REQUIRED WORK: Once you find the line containing "repository 207eea0de55e01a4" in the data below, copy it and each following line exactly, up to and including the line containing "that never goes on.", and nothing else.

[Saved entries]
----
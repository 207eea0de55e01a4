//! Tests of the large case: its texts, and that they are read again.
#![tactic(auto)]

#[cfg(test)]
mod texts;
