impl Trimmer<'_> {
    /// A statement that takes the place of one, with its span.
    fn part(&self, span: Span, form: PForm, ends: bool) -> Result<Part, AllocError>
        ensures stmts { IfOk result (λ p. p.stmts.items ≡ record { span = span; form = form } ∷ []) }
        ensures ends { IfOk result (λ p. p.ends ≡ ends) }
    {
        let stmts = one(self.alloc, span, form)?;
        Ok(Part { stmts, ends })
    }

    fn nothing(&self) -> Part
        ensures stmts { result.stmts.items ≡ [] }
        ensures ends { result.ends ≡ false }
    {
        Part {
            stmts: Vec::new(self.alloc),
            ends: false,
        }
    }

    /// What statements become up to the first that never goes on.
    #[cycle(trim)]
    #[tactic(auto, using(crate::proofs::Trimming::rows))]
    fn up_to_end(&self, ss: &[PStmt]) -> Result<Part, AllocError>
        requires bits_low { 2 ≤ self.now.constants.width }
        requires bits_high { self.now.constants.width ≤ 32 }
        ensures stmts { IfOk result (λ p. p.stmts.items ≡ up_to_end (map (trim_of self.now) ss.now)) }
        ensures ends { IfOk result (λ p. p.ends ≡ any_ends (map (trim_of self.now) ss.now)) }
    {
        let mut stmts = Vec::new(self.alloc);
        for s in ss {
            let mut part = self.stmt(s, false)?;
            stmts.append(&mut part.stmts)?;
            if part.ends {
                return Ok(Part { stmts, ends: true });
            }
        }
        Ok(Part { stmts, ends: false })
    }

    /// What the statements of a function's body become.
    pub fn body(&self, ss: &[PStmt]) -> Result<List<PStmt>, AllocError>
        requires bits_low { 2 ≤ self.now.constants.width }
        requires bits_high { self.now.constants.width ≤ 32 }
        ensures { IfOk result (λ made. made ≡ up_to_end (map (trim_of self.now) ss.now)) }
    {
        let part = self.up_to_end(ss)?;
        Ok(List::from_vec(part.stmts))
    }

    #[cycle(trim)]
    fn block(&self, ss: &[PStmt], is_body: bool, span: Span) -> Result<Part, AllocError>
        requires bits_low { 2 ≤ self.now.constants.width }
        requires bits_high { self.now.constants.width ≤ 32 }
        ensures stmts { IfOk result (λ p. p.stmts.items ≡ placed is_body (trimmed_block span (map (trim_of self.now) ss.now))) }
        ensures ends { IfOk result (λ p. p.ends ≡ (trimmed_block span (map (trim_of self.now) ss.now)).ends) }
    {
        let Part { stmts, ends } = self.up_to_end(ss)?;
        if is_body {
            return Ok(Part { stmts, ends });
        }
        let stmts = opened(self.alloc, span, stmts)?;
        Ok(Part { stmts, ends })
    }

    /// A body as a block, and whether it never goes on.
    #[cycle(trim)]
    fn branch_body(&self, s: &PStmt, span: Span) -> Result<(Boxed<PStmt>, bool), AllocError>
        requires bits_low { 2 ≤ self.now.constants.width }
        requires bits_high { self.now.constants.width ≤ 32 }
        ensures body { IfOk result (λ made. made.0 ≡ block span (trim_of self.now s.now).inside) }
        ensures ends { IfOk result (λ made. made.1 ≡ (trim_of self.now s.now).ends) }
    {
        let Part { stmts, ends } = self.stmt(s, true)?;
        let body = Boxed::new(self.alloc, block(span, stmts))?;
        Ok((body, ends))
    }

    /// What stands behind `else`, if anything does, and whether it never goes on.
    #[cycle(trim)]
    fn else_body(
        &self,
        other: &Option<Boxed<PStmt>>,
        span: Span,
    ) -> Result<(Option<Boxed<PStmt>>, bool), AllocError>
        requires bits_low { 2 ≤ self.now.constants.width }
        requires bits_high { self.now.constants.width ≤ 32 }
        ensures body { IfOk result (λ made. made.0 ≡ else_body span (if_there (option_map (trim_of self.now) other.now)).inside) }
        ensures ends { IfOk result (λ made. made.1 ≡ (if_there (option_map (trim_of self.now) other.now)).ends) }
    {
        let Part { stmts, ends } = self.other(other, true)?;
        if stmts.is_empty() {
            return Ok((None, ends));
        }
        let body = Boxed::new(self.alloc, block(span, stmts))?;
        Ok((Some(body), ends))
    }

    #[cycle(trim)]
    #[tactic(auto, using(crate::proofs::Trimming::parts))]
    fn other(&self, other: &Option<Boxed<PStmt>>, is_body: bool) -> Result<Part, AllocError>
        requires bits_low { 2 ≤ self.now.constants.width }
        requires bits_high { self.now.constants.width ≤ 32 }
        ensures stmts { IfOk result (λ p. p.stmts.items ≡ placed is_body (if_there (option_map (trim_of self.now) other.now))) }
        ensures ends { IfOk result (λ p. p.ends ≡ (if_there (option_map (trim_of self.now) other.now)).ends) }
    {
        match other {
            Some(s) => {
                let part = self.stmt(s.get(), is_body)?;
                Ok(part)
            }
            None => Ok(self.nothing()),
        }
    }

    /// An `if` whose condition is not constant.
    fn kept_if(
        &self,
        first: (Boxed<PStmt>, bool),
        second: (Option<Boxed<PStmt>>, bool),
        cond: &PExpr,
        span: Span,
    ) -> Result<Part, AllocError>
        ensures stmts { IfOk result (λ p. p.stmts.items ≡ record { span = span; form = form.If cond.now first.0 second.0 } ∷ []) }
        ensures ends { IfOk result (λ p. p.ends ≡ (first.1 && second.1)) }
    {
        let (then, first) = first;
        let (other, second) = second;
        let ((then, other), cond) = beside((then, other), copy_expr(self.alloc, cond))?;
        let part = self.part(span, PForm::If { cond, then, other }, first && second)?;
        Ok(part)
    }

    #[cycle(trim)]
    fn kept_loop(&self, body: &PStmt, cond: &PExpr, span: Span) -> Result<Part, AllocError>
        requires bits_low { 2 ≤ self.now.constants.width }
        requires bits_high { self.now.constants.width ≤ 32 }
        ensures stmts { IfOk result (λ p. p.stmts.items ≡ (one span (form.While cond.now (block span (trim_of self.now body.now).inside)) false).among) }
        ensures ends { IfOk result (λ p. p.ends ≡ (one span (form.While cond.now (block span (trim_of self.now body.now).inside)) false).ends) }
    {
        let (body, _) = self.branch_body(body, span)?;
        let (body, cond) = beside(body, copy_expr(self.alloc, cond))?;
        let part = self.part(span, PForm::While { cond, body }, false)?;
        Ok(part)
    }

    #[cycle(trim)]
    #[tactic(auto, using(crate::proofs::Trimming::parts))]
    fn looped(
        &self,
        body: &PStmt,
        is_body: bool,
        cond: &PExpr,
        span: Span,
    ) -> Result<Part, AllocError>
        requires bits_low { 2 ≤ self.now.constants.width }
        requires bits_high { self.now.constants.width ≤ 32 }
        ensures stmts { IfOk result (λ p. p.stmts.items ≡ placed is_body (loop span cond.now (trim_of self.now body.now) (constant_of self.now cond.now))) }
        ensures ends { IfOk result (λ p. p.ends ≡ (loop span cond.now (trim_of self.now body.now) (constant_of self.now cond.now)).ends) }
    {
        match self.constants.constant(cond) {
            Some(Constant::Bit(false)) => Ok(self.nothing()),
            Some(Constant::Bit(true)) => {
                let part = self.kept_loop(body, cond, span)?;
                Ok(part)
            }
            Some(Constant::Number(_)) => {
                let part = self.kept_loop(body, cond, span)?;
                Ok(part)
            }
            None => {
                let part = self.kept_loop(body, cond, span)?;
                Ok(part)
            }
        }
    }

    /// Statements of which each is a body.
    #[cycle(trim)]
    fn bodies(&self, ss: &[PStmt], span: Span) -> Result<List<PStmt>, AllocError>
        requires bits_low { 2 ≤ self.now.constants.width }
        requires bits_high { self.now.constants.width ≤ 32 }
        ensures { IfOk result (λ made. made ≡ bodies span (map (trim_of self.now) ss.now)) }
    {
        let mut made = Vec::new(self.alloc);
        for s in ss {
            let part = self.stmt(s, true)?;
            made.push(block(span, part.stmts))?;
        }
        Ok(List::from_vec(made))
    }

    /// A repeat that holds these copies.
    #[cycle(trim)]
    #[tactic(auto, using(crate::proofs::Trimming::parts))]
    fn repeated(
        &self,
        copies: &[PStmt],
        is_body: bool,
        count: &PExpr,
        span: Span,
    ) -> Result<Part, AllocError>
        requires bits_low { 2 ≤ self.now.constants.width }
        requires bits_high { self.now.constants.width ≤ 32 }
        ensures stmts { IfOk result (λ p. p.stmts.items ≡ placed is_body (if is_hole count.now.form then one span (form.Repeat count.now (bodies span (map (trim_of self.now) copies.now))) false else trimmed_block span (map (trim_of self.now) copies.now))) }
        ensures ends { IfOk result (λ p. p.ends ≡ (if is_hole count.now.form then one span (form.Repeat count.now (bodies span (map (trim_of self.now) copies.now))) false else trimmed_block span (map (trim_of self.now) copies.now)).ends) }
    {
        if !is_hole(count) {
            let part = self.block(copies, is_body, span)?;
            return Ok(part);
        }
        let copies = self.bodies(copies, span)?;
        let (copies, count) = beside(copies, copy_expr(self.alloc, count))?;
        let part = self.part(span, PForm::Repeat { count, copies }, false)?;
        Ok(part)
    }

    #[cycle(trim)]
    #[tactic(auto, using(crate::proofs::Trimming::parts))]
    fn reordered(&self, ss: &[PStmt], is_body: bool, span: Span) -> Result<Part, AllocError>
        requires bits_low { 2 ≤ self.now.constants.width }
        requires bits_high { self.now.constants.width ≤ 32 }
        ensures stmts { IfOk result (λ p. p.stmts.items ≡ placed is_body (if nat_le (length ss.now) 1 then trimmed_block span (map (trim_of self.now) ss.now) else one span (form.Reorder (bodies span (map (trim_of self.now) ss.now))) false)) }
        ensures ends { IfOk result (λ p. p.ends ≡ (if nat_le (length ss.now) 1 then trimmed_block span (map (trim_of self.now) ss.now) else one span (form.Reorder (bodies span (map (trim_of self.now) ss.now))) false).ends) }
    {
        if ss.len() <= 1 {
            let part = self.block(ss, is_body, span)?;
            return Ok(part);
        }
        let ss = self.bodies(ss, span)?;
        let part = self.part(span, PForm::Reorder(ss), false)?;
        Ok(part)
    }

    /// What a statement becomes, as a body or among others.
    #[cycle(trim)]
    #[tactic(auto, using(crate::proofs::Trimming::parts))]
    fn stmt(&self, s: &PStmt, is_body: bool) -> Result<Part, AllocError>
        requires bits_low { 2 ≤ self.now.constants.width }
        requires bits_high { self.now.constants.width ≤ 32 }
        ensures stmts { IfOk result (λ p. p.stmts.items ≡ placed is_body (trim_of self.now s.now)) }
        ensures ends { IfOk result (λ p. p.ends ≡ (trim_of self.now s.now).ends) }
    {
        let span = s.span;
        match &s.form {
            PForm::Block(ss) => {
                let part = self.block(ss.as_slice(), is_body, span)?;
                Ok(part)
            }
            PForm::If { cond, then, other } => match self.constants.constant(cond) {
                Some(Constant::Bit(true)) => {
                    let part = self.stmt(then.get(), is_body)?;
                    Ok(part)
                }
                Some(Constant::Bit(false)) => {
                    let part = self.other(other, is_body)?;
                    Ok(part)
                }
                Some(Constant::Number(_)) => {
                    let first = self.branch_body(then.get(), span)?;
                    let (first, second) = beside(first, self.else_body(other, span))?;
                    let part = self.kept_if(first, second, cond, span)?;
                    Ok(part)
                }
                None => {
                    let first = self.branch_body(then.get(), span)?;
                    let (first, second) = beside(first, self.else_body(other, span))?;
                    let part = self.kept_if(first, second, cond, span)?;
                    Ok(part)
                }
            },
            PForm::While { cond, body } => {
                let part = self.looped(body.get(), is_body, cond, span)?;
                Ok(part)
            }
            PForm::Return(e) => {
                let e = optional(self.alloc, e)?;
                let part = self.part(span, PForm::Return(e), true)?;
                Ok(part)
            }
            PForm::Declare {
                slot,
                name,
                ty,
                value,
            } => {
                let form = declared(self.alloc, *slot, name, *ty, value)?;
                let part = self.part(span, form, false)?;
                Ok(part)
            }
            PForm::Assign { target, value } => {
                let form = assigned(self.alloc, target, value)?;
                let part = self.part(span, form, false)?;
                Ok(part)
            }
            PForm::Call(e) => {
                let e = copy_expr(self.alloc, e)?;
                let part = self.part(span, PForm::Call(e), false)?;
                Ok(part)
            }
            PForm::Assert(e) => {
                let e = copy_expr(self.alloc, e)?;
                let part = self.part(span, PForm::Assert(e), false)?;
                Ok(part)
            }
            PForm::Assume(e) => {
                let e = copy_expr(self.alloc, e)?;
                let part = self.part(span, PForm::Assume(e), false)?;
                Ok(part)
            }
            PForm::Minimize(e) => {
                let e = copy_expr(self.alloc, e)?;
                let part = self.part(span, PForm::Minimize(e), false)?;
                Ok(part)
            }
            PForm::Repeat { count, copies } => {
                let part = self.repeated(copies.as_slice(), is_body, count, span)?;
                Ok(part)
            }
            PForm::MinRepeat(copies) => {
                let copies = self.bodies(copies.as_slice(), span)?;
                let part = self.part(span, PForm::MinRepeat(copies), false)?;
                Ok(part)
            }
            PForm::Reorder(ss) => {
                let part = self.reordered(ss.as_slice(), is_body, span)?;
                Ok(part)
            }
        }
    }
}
----
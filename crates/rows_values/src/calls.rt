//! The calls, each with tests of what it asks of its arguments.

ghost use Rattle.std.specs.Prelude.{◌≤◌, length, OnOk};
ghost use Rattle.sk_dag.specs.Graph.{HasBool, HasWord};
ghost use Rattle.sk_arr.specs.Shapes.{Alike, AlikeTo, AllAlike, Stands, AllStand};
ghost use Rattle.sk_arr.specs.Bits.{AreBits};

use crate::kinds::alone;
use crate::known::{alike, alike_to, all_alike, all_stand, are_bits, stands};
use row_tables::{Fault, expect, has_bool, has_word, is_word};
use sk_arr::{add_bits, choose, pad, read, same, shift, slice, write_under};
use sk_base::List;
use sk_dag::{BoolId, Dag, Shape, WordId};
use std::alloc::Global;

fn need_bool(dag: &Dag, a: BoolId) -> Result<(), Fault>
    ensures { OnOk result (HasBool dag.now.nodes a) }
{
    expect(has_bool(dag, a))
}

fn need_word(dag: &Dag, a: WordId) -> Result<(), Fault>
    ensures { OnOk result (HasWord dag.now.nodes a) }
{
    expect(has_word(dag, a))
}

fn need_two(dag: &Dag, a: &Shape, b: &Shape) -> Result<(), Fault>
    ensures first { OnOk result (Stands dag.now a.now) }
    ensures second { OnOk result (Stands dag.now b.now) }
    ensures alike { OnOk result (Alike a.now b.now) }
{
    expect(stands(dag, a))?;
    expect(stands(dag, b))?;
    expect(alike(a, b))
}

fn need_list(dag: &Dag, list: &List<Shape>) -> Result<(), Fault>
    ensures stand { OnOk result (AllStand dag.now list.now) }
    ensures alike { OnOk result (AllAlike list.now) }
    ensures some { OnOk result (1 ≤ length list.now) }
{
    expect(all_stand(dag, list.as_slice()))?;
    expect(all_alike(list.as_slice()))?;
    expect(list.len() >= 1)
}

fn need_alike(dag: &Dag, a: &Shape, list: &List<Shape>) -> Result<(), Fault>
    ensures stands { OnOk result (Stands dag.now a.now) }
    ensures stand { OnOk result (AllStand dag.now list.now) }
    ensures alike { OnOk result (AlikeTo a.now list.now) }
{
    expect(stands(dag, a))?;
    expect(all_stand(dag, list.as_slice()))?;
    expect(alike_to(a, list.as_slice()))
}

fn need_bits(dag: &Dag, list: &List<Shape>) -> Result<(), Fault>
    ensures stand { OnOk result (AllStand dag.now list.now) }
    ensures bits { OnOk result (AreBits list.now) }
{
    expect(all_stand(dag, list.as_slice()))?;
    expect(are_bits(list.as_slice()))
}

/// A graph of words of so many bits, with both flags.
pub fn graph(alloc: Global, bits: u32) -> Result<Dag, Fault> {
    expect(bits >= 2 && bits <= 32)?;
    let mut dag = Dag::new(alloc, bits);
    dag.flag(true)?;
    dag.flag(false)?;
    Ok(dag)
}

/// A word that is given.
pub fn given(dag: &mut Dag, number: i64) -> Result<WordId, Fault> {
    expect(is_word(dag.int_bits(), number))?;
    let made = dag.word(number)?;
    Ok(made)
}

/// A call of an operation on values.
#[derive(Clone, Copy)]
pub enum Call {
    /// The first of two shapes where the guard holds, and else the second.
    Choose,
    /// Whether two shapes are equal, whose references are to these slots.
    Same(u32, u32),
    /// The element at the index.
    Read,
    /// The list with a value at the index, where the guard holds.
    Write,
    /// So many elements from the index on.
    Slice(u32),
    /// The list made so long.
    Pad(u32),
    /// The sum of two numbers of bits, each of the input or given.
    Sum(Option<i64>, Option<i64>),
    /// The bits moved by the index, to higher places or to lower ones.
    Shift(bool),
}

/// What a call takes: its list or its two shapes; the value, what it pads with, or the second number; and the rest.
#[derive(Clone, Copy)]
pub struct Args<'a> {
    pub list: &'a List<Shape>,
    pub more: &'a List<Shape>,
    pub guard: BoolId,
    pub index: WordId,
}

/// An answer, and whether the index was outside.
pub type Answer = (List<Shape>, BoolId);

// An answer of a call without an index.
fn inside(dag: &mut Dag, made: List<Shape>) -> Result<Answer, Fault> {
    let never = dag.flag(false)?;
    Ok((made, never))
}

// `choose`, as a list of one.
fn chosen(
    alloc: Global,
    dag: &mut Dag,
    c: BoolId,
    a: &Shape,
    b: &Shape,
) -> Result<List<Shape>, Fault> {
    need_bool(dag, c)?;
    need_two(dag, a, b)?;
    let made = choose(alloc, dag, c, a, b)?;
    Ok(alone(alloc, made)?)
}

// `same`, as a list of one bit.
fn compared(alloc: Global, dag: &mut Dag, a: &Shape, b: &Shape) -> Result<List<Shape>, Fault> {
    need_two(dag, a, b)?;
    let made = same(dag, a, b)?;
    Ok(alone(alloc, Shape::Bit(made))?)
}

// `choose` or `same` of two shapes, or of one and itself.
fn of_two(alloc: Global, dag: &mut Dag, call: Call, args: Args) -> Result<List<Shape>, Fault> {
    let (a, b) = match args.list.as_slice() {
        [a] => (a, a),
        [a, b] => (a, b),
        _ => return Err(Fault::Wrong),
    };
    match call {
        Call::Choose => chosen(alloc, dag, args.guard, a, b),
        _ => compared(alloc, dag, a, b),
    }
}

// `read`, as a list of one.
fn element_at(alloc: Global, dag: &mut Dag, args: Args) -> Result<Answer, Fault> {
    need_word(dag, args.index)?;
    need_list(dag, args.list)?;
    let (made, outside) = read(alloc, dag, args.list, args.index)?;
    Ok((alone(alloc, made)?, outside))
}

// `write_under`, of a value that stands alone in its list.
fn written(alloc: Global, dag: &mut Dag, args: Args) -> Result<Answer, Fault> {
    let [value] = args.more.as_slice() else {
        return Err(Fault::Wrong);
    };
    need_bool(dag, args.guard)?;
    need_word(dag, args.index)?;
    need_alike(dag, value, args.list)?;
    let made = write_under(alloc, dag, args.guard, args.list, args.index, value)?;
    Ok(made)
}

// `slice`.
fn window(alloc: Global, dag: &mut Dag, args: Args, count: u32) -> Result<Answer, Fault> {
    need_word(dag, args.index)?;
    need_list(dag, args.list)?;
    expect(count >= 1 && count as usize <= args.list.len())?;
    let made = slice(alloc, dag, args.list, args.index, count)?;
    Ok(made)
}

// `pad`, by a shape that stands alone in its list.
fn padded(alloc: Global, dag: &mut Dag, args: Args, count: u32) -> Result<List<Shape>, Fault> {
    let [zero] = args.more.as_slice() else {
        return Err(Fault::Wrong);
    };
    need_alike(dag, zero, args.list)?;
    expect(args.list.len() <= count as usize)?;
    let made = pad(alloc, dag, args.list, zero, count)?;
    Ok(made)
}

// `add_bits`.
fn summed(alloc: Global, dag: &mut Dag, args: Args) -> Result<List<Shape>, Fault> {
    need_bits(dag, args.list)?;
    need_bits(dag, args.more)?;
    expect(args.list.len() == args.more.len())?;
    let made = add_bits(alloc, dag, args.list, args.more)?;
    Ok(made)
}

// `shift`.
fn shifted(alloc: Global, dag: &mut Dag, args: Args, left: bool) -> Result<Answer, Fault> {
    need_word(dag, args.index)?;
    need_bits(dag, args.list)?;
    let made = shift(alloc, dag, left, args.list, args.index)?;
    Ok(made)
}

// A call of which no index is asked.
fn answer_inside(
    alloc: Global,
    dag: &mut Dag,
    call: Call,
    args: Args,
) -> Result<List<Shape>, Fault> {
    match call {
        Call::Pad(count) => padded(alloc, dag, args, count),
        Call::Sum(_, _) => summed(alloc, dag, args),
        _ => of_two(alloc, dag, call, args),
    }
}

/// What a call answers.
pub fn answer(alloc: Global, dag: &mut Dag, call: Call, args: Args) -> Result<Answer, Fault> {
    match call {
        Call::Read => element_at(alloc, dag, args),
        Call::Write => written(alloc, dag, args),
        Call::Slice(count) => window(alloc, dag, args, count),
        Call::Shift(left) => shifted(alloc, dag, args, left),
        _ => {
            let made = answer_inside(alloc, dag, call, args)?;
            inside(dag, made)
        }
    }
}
----
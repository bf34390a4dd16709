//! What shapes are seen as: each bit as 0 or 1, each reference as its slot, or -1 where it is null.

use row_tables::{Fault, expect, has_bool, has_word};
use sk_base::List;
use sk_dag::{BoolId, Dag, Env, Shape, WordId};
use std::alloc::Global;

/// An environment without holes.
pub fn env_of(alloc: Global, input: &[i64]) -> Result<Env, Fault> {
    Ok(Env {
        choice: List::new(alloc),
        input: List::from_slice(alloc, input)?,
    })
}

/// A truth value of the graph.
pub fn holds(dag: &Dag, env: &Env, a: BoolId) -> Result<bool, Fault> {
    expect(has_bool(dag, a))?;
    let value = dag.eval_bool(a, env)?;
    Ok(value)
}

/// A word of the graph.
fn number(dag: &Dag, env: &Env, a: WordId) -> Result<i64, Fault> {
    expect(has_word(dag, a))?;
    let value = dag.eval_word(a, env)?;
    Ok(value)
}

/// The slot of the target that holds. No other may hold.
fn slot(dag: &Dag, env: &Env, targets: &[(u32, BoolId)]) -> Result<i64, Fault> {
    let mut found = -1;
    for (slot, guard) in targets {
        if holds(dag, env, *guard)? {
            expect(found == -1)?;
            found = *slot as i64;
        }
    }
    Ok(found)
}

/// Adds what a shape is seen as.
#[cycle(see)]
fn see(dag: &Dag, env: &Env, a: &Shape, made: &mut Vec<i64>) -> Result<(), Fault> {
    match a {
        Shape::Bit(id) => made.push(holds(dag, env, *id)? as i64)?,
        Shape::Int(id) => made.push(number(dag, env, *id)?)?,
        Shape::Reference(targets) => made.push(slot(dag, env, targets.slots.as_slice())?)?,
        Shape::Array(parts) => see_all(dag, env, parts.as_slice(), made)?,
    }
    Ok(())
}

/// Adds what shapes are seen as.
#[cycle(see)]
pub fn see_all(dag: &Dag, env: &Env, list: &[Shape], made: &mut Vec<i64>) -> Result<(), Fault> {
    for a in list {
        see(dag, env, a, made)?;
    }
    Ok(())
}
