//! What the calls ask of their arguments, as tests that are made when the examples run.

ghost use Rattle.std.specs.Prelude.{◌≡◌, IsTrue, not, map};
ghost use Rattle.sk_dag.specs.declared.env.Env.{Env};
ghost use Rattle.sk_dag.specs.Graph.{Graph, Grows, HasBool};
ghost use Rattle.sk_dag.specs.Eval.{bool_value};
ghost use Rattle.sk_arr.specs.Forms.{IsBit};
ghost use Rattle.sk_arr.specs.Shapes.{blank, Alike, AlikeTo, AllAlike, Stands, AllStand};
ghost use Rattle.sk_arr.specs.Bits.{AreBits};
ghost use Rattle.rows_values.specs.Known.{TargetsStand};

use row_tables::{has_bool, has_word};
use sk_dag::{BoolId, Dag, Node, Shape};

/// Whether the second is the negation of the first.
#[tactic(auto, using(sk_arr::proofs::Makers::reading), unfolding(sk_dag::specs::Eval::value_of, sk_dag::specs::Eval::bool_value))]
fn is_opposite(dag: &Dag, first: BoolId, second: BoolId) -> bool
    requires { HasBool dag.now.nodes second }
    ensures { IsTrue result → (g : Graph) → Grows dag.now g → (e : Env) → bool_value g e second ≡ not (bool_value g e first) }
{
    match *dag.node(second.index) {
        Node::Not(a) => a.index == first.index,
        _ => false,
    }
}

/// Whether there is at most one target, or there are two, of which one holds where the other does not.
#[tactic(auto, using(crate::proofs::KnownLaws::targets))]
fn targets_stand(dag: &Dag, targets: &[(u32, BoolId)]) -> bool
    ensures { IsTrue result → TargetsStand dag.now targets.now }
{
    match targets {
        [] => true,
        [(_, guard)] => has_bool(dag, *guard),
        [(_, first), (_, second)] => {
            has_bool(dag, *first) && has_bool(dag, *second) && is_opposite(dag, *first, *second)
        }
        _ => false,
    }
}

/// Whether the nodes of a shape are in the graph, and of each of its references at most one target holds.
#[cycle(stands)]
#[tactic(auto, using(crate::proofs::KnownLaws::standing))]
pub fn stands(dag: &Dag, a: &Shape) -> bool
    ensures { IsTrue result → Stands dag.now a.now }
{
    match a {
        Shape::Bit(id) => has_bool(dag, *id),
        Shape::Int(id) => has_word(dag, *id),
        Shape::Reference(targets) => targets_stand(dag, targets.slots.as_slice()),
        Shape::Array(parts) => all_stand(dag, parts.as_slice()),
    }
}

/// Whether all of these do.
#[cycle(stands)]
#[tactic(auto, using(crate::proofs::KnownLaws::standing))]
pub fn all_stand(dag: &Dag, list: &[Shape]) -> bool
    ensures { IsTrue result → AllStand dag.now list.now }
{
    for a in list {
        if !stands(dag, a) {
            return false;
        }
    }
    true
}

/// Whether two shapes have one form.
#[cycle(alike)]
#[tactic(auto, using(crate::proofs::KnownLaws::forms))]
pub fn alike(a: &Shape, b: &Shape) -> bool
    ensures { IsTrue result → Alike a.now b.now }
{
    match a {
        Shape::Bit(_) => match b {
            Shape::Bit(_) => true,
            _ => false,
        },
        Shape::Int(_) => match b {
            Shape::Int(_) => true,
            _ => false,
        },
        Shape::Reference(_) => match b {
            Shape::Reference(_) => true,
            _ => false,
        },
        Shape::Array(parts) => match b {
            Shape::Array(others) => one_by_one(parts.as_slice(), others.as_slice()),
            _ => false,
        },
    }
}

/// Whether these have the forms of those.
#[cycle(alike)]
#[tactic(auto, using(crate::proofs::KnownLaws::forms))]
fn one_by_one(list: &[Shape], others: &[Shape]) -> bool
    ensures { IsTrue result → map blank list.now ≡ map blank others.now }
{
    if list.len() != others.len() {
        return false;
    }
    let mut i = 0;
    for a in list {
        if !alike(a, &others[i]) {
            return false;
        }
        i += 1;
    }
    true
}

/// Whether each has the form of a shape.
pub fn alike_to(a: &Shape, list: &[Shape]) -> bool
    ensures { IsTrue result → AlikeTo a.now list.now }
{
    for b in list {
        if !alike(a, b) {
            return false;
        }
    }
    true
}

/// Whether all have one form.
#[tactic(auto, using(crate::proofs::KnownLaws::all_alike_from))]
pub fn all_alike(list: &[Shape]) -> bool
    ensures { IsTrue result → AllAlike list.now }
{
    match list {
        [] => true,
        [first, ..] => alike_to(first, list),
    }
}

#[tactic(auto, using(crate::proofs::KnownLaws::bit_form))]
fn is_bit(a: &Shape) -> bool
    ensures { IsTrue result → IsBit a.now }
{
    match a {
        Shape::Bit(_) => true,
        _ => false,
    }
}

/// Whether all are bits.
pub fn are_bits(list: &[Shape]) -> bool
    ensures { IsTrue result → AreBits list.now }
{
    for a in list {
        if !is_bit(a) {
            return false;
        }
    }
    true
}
----
EXERCISE OUTPUT:
repository 207eea0de55e01a4
//! Tests of the large case: its texts, and that they are read again.
#![tactic(auto)]

#[cfg(test)]
mod texts;
impl Trimmer<'_> {
    /// A statement that takes the place of one, with its span.
    fn part(&self, span: Span, form: PForm, ends: bool) -> Result<Part, AllocError>
        ensures stmts { IfOk result (λ p. p.stmts.items ≡ record { span = span; form = form } ∷ []) }
        ensures ends { IfOk result (λ p. p.ends ≡ ends) }
    {
        let stmts = one(self.alloc, span, form)?;
        Ok(Part { stmts, ends })
    }

    fn nothing(&self) -> Part
        ensures stmts { result.stmts.items ≡ [] }
        ensures ends { result.ends ≡ false }
    {
        Part {
            stmts: Vec::new(self.alloc),
            ends: false,
        }
    }

    /// What statements become up to the first that never goes on.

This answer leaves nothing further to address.